Identifier's id field points to a Name

astral-sh / ruff

An extremely fast Python linter and code formatter, written in Rust.

https://docs.astral.sh/ruff

MIT License

32.23k stars 1.08k forks source link

Identifier's id field points to a Name #13797

Open samwgoldman opened 1 week ago

samwgoldman commented 1 week ago

This issue is just feedback for the AST's API, not a bug.

I've been working with the Ruff parser, which has been really great so far. Thanks a ton for providing this code! While working with the AST, I have found the naming around Identifier and Name nodes a bit awkward. Specifically, Identifier's id field is a Name, so I often end up with code that looks like id.id, because I use id to refer to the Identifier.

This is just a minor thing, but I thought I'd raise it. Would you consider changing the field to name eventually?

Thanks!

MichaReiser commented 1 week ago

Yeah, id.id reads a bit awkward. However, most of the time, it shouldn't be necessary to access the name directly. Instead, you can write &*id or id.as_str to get to the underlying string.

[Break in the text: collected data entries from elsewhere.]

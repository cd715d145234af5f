// The values that a scene is made of, and the requests that processes make.
ghost use Rattle.std.specs.Prelude.{◌≡◌, Some};
ghost use Rattle.model.specs.Plan.{own_site};

use crate::signals::Fault;
use std::fmt;

// An object's name: the share that it was made in, and its number there.
#[derive(Clone, Copy, PartialEq, Eq)]
pub struct Name {
    pub share: u32,
    pub number: u32,
}

#[derive(Clone, Copy, PartialEq, Eq)]
pub struct Cap {
    pub name: Name,
    pub rights: u32,
}

// What a template says: its own rights code, the type wanted (0 for any), the
// rights that an argument must have, and those that it gets.
#[derive(Clone, Copy, PartialEq, Eq)]
pub struct Form {
    pub rights: u32,
    pub wanted: u32,
    pub check: u32,
    pub new: u32,
}

#[derive(Clone, Copy, Default, PartialEq, Eq)]
pub enum Slot {
    #[default]
    Empty,
    Capability(Cap),
    Template(Form),
}

pub const EMPTY: Slot = Slot::Empty;

// A name space, and the slot of the caller's that a returned capability goes to.
#[derive(Clone, Copy, Default)]
pub struct Space {
    pub slots: [Slot; 12],
    pub back: u32,
}

// Whose slots: the process's current name space, or the list of an object.
#[derive(Clone, Copy, PartialEq, Eq)]
pub enum Holder {
    Mine,
    Listed(Name),
}

// Where a slot is, by its index from 1; `at` is the detail of a refusal: the position
// in a path, or 0.
#[derive(Clone, Copy)]
pub struct Site {
    pub holder: Holder,
    pub index: u32,
    pub at: u8,
}

// Where a path ends: clear if every capability on the way grants UCNFRTS.
#[derive(Clone, Copy)]
pub struct Target {
    pub site: Site,
    pub clear: bool,
}

// How a slot's rights code changes on the slot's way.
#[derive(Clone, Copy)]
pub enum Change {
    // Taken out: stripped unless the way was clear.
    Taken { clear: bool },
    // Copied out: the same, and delete added.
    Loaded { clear: bool },
    // Moved: restricted by the mask.
    Moved { mask: Option<u32> },
    // Copied: delete added, then restricted.
    Stored { mask: Option<u32> },
}

// Whose slot set-up fills: a process's or a house object's, by its number.
#[derive(Clone, Copy)]
pub enum Owner {
    Process(u32),
    Object(u32),
}

// How many slots an object's list may have, and how many elements its data part.
#[derive(Clone, Copy)]
pub struct Limits {
    pub slots: usize,
    pub elements: usize,
}

// A slot at a path's end, and the slot of the name space that it goes to.
#[derive(Drop)]
pub struct Fetch {
    pub new: u32,
    pub path: Vec<u32>,
}

// A block of a data part, from its element `disp` on.
#[derive(Drop)]
pub struct Block {
    pub path: Vec<u32>,
    pub disp: u32,
    pub knt: u32,
}

// A slot of the name space that goes where a path ends, under a mask or none.
#[derive(Drop)]
pub struct Move {
    pub path: Vec<u32>,
    pub cur: u32,
    pub mask: Option<u32>,
}

#[derive(Drop)]
pub enum Kall {
    Lenth,
    Clenth(Vec<u32>),
    Dlenth(Vec<u32>),
    Getdata(Block),
    Load(Fetch),
    Pass(Move),
    Take(Fetch),
    Store(Move),
    Append(Move),
    Passappend(Move),
    Delete(Vec<u32>),
    Interchange(Move),
    Data {
        path: Vec<u32>,
        knt: u32,
        mask: Option<u32>,
    },
    Univ(Vec<u32>),
    Putdata(Block),
    Addata {
        path: Vec<u32>,
        knt: u32,
    },
    Erase(Vec<u32>),
}

// What a process asks for, with its own buffer if it has one; the answer comes with
// the serving.
#[derive(Drop)]
pub struct Request<E> {
    pub process: u32,
    pub kall: Kall,
    pub buffer: Option<Vec<E>>,
    pub answer: Option<Result<i32, Fault>>,
}

impl Site {
    // A slot of the current name space.
    pub fn own(index: u32) -> Site
        ensures { result ≡ own_site index }
    {
        Site {
            holder: Holder::Mine,
            index,
            at: 0,
        }
    }
}

impl fmt::Display for Kall {
    ghost use Rattle.model.specs.Kalls.{kall_name};

    ghost output = { λ kall. Some (kall_name kall) };

    fn fmt<W: fmt::Write>(&self, f: &mut fmt::Formatter<W>) -> fmt::Result {
        f.write_str(match self {
            Kall::Lenth => "LENTH",
            Kall::Clenth(_) => "CLENTH",
            Kall::Dlenth(_) => "DLENTH",
            Kall::Getdata(_) => "GETDATA",
            Kall::Load(_) => "LOAD",
            Kall::Pass(_) => "PASS",
            Kall::Take(_) => "TAKE",
            Kall::Store(_) => "STORE",
            Kall::Append(_) => "APPEND",
            Kall::Passappend(_) => "PASSAPPEND",
            Kall::Delete(_) => "DELETE",
            Kall::Interchange(_) => "INTERCHANGE",
            Kall::Data { .. } => "DATA",
            Kall::Univ(_) => "UNIV",
            Kall::Putdata(_) => "PUTDATA",
            Kall::Addata { .. } => "ADDATA",
            Kall::Erase(_) => "ERASE",
        })
    }
}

You can also compare Identifier with a str etc.

Using name, unfortunately, can also be somewhat awkward:

func_def.name.name and the same forclass_def`.
global_stmt.name[0].name and the same for local_stmt.name[0]
except_handler.name.unwrap().name

We could consider renaming the field to text (TypeScript calls it escaped text), go for name regardless (same as jsshift) or value (swc).

Or we leave it as is and treat it as an internal name that you rarely need to access.

ndmitchell commented 1 week ago

In the code I'm writing (along with Sam), we often need to go from an Identifier to a Name, since we are deliberately keeping the Name intact as a name when passing it around, rather than reducing it to a &str to keep more type safety, and benefit from the underlying CompactStr representation. As a result, Name is being used directly quite a bit.

If you look at the types, Identifier is a pair of Name and Range, but Name is just the name. As a result, naming an Identifier with .name (as you do in StmtFunctionDef) is reasonable (semantically, it's the Name, just wrapped up with a bit more stuff), but naming the Name within an Identifier as id feels wrong (it lacks the Range information that would make it an Identifier). As a result of that, I don't find func_def.name.name to be that awkward - it's not the fact it's id.id that is awkward, but that you don't end up with the pieces of an id at the end.

MichaReiser commented 1 week ago

I don't fully agree with the reasoning about FunctionDef. IMO, func.name should be renamed to func.id to be consistent with renaming Identifier.id to name because the field's type is Name. For historical context, it used to be a str.

Either way. I don't think the name matters that much that it justifies the churn it creates for downstream tools. There are multiple projects using Ruff's parser today and while the rename isn't hard, it still imposes work on them for little gain, especially considering that it's arguable whether the new name is considerably better.

Having said that. I also don't care enough about the name. Feel free to go ahead with the rename if you feel strongly but consider the impact it has on other parser users.